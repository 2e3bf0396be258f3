ghost use Rattle.std.specs.Prelude.{◌≡◌, ◌+◌, ◌<◌, ◌≤◌, ◌↔◌, [], ◌++◌, drop, length, IfOk, OnOk, OnErr, IsErr, IsTrue, IsFalse};
ghost use Rattle.std.specs.Io.KnownBytes.{Appends, WriteAppends};
ghost use Rattle.exh_stream.specs.Output.{AppendsAllBut, AppendsBeginning, SameWriter, Takes, TakesBeginning, WriterUntouched, WritesTo, held, pending, writer_failed};

use crate::BLOCK;
use arrayvec::ArrayVec;
use std::io::Write;
use thiserror::Error;

/// A writer failed, or took no bytes.
#[derive(Clone, Copy, Debug, Error)]
#[error("the writer failed")]
pub struct WriteFault;

/// Bytes on their way to a writer, which gets them in blocks, and nothing more once it has failed.
#[derive(Drop)]
pub struct Output<'w, W: Write> {
    writer: &'w mut W,
    has_failed: bool,
    block: ArrayVec<u8, BLOCK>,
}

impl<'w, W: Write> Output<'w, W> {
    /// An output to this writer, which holds nothing back.
    pub fn new(writer: &'w mut W) -> Output<'w, W>
        ensures writes_to { WritesTo result writer.entry }
        ensures open { IsFalse (writer_failed result) }
        ensures empty { pending result ≡ [] }
    {
        Output {
            writer,
            has_failed: false,
            block: ArrayVec::new(),
        }
    }

    /// Takes bytes. A full block is written when more of them come. On an `Err` the writer failed,
    /// now or before, and got a beginning of what it was due.
    pub fn push(&mut self, bytes: &[u8]) -> Result<(), WriteFault>
        ensures same_writer { SameWriter self.old self.new }
        ensures ok { OnOk result (Takes W.contents self.old self.new bytes.now) }
        ensures err { OnErr result (TakesBeginning W.contents self.old self.new bytes.now) }
        ensures failed { IsErr result ↔ IsTrue (writer_failed self.new) }
        ensures closed { IsTrue (writer_failed self.old) →
            IsErr result × WriterUntouched self.old self.new }

        // What fits in the block waits there: the writer isn't asked, and so there is no fault.
        ensures waits { length (pending self.old) + length bytes.now ≤ BLOCK →
            WriterUntouched self.old self.new
            × (writer_failed self.new ≡ writer_failed self.old) }
    {
        if self.has_failed {
            return Err(WriteFault);
        }
        let mut rest = bytes;
        while !rest.is_empty() {
            self.make_room()?;
            let count = rest.len().min(self.block.remaining_capacity());
            self.block.try_extend_from_slice(&rest[..count]).unwrap();
            rest = &rest[count..];
        }
        Ok(())
    }

    /// Writes what still waits, and doesn't flush the writer. On an `Err` the writer failed, now or
    /// before, and got a beginning of that.
    pub fn finish(&mut self) -> Result<(), WriteFault>
        ensures same_writer { SameWriter self.old self.new }
        ensures ok { OnOk result (Appends (held W.contents self.old) (held W.contents self.new)
            (pending self.old)) }
        ensures empty { OnOk result (pending self.new ≡ []) }
        ensures err { OnErr result (AppendsBeginning (held W.contents self.old) (held W.contents self.new)
            (pending self.old)) }
        ensures failed { IsErr result ↔ IsTrue (writer_failed self.new) }
        ensures closed { IsTrue (writer_failed self.old) →
            IsErr result × WriterUntouched self.old self.new }

        // Where nothing waits the writer isn't asked.
        ensures nothing { pending self.old ≡ [] → WriterUntouched self.old self.new
            × (writer_failed self.new ≡ writer_failed self.old) }
    {
        if self.has_failed {
            return Err(WriteFault);
        }
        self.write_block()
    }

    // Writes the block where it is full.
    fn make_room(&mut self) -> Result<(), WriteFault>
        requires { IsFalse (writer_failed self.old) }
        ensures same_writer { SameWriter self.old self.new }
        ensures ok { OnOk result (AppendsAllBut (held W.contents self.old) (held W.contents self.new)
            (pending self.old) (pending self.new)) }
        ensures room { OnOk result (length (pending self.new) < BLOCK) }
        ensures waits { length (pending self.old) < BLOCK →
            (pending self.new ≡ pending self.old) × (WriterUntouched self.old self.new)
            × (writer_failed self.new ≡ writer_failed self.old) }
        ensures err { OnErr result (AppendsBeginning (held W.contents self.old) (held W.contents self.new)
            (pending self.old)) }
        ensures failed { IsErr result ↔ IsTrue (writer_failed self.new) }
    {
        if self.block.is_full() {
            self.write_block()
        } else {
            Ok(())
        }
    }

    // Writes the block, in as many writes as that takes.
    fn write_block(&mut self) -> Result<(), WriteFault>
        requires { IsFalse (writer_failed self.old) }
        ensures same_writer { SameWriter self.old self.new }
        ensures nothing { pending self.old ≡ [] → WriterUntouched self.old self.new
            × IsFalse (writer_failed self.new) }
        ensures ok { OnOk result (Appends (held W.contents self.old) (held W.contents self.new)
            (pending self.old)) }
        ensures empty { OnOk result (pending self.new ≡ []) }
        ensures err { OnErr result (AppendsBeginning (held W.contents self.old) (held W.contents self.new)
            (pending self.old)) }
        ensures failed { IsErr result ↔ IsTrue (writer_failed self.new) }
    {
        let mut written = 0;
        while written < self.block.len() {
            written += self.write_from(written)?;
        }
        self.block.clear();
        Ok(())
    }

    // One write of the block from `start` on. Any error is a fault, an interrupted write too, and so
    // is a write of no bytes.
    fn write_from(&mut self, start: usize) -> Result<usize, WriteFault>
        requires open { IsFalse (writer_failed self.old) }
        requires inside { start < length (pending self.old) }
        ensures same_writer { SameWriter self.old self.new }
        ensures block { pending self.new ≡ pending self.old }
        ensures some { IfOk result (λ count. 0 < count) }
        ensures bound { IfOk result (λ count. start + count ≤ length (pending self.old)) }
        ensures bytes { WriteAppends (held W.contents self.old) (held W.contents self.new) result
            (drop start (pending self.old)) }
        ensures failed { IsErr result ↔ IsTrue (writer_failed self.new) }
    {
        match self.writer.write(&self.block.as_slice()[start..]) {
            Ok(count) if count > 0 => Ok(count),
            _ => {
                self.has_failed = true;
                Err(WriteFault)
            }
        }
    }
}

Work required. The data above should be copied out with complete accuracy.

Written answer.
repository 2e3bf0396be258f3
ghost use Rattle.std.specs.Prelude.{◌≡◌, ◌+◌, ◌<◌, ◌≤◌, ◌↔◌, [], ◌++◌, drop, length, IfOk, OnOk, OnErr, IsErr, IsTrue, IsFalse};
ghost use Rattle.std.specs.Io.KnownBytes.{Appends, WriteAppends};
ghost use Rattle.exh_stream.specs.Output.{AppendsAllBut, AppendsBeginning, SameWriter, Takes, TakesBeginning, WriterUntouched, WritesTo, held, pending, writer_failed};

use crate::BLOCK;
use arrayvec::ArrayVec;
use std::io::Write;
use thiserror::Error;

/// A writer failed, or took no bytes.
#[derive(Clone, Copy, Debug, Error)]
#[error("the writer failed")]
pub struct WriteFault;

/// Bytes on their way to a writer, which gets them in blocks, and nothing more once it has failed.
#[derive(Drop)]
pub struct Output<'w, W: Write> {
    writer: &'w mut W,
    has_failed: bool,
    block: ArrayVec<u8, BLOCK>,
}

impl<'w, W: Write> Output<'w, W> {
    /// An output to this writer, which holds nothing back.
    pub fn new(writer: &'w mut W) -> Output<'w, W>
        ensures writes_to { WritesTo result writer.entry }
        ensures open { IsFalse (writer_failed result) }
        ensures empty { pending result ≡ [] }
    {
        Output {
            writer,
            has_failed: false,
            block: ArrayVec::new(),
        }
    }

    /// Takes bytes. A full block is written when more of them come. On an `Err` the writer failed,
    /// now or before, and got a beginning of what it was due.
    pub fn push(&mut self, bytes: &[u8]) -> Result<(), WriteFault>
        ensures same_writer { SameWriter self.old self.new }
        ensures ok { OnOk result (Takes W.contents self.old self.new bytes.now) }
        ensures err { OnErr result (TakesBeginning W.contents self.old self.new bytes.now) }
        ensures failed { IsErr result ↔ IsTrue (writer_failed self.new) }
        ensures closed { IsTrue (writer_failed self.old) →
            IsErr result × WriterUntouched self.old self.new }

        // What fits in the block waits there: the writer isn't asked, and so there is no fault.
        ensures waits { length (pending self.old) + length bytes.now ≤ BLOCK →
            WriterUntouched self.old self.new
            × (writer_failed self.new ≡ writer_failed self.old) }
    {
        if self.has_failed {
            return Err(WriteFault);
        }
        let mut rest = bytes;
        while !rest.is_empty() {
            self.make_room()?;
            let count = rest.len().min(self.block.remaining_capacity());
            self.block.try_extend_from_slice(&rest[..count]).unwrap();
            rest = &rest[count..];
        }
        Ok(())
    }

    /// Writes what still waits, and doesn't flush the writer. On an `Err` the writer failed, now or
    /// before, and got a beginning of that.
    pub fn finish(&mut self) -> Result<(), WriteFault>
        ensures same_writer { SameWriter self.old self.new }
        ensures ok { OnOk result (Appends (held W.contents self.old) (held W.contents self.new)
            (pending self.old)) }
        ensures empty { OnOk result (pending self.new ≡ []) }
        ensures err { OnErr result (AppendsBeginning (held W.contents self.old) (held W.contents self.new)
            (pending self.old)) }
        ensures failed { IsErr result ↔ IsTrue (writer_failed self.new) }
        ensures closed { IsTrue (writer_failed self.old) →
            IsErr result × WriterUntouched self.old self.new }

        // Where nothing waits the writer isn't asked.
        ensures nothing { pending self.old ≡ [] → WriterUntouched self.old self.new
            × (writer_failed self.new ≡ writer_failed self.old) }
    {
        if self.has_failed {
            return Err(WriteFault);
        }
        self.write_block()
    }

    // Writes the block where it is full.
    fn make_room(&mut self) -> Result<(), WriteFault>
        requires { IsFalse (writer_failed self.old) }
        ensures same_writer { SameWriter self.old self.new }
        ensures ok { OnOk result (AppendsAllBut (held W.contents self.old) (held W.contents self.new)
            (pending self.old) (pending self.new)) }
        ensures room { OnOk result (length (pending self.new) < BLOCK) }
        ensures waits { length (pending self.old) < BLOCK →
            (pending self.new ≡ pending self.old) × (WriterUntouched self.old self.new)
            × (writer_failed self.new ≡ writer_failed self.old) }
        ensures err { OnErr result (AppendsBeginning (held W.contents self.old) (held W.contents self.new)
            (pending self.old)) }
        ensures failed { IsErr result ↔ IsTrue (writer_failed self.new) }
    {
        if self.block.is_full() {
            self.write_block()
        } else {
            Ok(())
        }
    }

    // Writes the block, in as many writes as that takes.
    fn write_block(&mut self) -> Result<(), WriteFault>
        requires { IsFalse (writer_failed self.old) }
        ensures same_writer { SameWriter self.old self.new }
        ensures nothing { pending self.old ≡ [] → WriterUntouched self.old self.new
            × IsFalse (writer_failed self.new) }
        ensures ok { OnOk result (Appends (held W.contents self.old) (held W.contents self.new)
            (pending self.old)) }
        ensures empty { OnOk result (pending self.new ≡ []) }
        ensures err { OnErr result (AppendsBeginning (held W.contents self.old) (held W.contents self.new)
            (pending self.old)) }
        ensures failed { IsErr result ↔ IsTrue (writer_failed self.new) }
    {
        let mut written = 0;
        while written < self.block.len() {
            written += self.write_from(written)?;
        }
        self.block.clear();
        Ok(())
    }

    // One write of the block from `start` on. Any error is a fault, an interrupted write too, and so
    // is a write of no bytes.
    fn write_from(&mut self, start: usize) -> Result<usize, WriteFault>
        requires open { IsFalse (writer_failed self.old) }
        requires inside { start < length (pending self.old) }
        ensures same_writer { SameWriter self.old self.new }
        ensures block { pending self.new ≡ pending self.old }
        ensures some { IfOk result (λ count. 0 < count) }
        ensures bound { IfOk result (λ count. start + count ≤ length (pending self.old)) }
        ensures bytes { WriteAppends (held W.contents self.old) (held W.contents self.new) result
            (drop start (pending self.old)) }
        ensures failed { IsErr result ↔ IsTrue (writer_failed self.new) }
    {
        match self.writer.write(&self.block.as_slice()[start..]) {
            Ok(count) if count > 0 => Ok(count),
            _ => {
                self.has_failed = true;
                Err(WriteFault)
            }
        }
    }
}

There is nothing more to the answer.